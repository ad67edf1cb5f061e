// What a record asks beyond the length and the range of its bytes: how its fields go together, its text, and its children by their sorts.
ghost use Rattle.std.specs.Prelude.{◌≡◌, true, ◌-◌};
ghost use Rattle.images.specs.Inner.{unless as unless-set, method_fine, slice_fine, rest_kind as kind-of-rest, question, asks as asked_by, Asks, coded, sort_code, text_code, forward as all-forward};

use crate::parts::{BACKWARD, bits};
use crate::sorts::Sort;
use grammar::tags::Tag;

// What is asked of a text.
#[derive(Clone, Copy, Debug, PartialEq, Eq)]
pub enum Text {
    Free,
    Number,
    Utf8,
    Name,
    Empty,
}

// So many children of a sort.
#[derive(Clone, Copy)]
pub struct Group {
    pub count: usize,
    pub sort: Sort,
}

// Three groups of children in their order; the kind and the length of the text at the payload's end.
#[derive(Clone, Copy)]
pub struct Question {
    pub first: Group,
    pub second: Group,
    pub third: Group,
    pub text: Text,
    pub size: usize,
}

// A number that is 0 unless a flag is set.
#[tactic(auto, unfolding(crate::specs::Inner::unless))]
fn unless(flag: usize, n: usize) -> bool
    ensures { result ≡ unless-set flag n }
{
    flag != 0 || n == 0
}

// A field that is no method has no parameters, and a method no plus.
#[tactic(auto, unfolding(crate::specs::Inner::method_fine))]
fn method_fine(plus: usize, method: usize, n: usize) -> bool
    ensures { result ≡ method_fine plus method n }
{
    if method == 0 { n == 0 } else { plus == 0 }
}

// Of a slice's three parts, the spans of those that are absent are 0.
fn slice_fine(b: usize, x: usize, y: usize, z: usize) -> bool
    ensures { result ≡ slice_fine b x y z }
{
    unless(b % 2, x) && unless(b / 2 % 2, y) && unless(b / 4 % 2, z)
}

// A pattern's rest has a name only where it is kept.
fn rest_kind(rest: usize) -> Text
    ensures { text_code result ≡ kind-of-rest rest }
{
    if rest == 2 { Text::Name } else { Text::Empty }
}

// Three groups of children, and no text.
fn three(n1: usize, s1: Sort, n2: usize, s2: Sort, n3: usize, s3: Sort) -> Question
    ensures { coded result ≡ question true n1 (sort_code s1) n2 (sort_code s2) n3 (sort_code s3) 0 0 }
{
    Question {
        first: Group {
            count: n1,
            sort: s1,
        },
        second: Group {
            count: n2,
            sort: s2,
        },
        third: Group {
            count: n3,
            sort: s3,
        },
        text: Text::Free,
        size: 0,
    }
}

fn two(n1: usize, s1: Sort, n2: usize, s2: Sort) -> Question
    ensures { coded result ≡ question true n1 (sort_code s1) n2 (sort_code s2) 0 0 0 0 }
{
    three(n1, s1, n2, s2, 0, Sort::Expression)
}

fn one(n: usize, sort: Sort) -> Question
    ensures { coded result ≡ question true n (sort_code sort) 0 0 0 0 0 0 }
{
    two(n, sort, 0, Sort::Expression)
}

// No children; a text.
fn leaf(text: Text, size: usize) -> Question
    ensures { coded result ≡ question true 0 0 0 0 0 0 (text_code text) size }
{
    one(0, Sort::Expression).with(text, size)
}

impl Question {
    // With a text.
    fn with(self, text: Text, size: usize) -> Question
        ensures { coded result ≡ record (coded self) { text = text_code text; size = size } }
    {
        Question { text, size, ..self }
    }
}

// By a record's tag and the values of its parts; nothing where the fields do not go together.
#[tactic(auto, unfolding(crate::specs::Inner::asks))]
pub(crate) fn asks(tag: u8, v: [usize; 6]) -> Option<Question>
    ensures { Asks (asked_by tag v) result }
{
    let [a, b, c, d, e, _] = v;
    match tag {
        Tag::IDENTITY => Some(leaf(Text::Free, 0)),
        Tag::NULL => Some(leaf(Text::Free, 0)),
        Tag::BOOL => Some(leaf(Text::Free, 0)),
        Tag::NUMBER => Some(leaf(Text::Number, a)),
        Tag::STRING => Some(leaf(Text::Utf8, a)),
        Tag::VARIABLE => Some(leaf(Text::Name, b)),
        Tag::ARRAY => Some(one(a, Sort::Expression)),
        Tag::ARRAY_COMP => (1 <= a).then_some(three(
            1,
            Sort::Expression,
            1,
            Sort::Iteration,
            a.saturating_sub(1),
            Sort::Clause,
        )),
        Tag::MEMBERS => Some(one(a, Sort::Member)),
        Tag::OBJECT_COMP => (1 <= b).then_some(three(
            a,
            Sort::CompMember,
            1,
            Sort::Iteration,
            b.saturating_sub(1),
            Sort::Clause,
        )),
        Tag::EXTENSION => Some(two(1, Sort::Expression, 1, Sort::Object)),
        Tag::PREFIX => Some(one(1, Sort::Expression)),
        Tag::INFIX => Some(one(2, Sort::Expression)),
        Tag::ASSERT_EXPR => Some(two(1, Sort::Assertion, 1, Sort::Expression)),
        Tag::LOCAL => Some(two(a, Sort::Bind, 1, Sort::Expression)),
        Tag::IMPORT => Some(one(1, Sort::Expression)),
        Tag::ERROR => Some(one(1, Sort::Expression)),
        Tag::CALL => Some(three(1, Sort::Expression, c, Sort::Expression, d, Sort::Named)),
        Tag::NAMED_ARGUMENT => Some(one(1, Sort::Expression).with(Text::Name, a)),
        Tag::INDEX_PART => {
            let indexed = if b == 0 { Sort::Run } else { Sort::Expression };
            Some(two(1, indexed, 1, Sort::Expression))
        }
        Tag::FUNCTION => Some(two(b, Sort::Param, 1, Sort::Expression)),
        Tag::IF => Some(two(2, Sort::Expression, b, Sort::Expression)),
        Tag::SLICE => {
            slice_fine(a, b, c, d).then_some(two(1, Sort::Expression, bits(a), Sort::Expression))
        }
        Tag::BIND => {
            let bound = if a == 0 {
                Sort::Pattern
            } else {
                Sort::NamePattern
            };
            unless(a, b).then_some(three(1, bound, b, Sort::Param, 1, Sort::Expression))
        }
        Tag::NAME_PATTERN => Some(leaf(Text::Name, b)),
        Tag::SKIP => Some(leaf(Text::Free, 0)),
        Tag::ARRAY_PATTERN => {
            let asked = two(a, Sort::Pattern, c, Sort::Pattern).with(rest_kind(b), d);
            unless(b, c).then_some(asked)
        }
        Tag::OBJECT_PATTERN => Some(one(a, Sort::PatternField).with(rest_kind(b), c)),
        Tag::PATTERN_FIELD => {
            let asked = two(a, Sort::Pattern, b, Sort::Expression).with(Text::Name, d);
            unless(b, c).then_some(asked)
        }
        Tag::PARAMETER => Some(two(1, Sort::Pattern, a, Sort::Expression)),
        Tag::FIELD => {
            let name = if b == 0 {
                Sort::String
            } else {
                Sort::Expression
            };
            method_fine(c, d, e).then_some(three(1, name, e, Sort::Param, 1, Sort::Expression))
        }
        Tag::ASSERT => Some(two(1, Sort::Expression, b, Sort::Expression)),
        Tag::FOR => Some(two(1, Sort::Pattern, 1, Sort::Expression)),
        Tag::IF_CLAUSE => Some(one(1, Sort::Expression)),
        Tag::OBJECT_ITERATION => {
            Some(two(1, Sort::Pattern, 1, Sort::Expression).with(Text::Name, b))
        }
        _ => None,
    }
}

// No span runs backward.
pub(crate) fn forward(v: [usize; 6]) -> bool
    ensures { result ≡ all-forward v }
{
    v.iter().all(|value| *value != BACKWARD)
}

◇ ◇ ◇ ◇

EXERCISE => The lines to copy are those above that contain the string "self".

ANSWER FOR THIS EXERCISE =>
    fn with(self, text: Text, size: usize) -> Question
        ensures { coded result ≡ record (coded self) { text = text_code text; size = size } }
        Question { text, size, ..self }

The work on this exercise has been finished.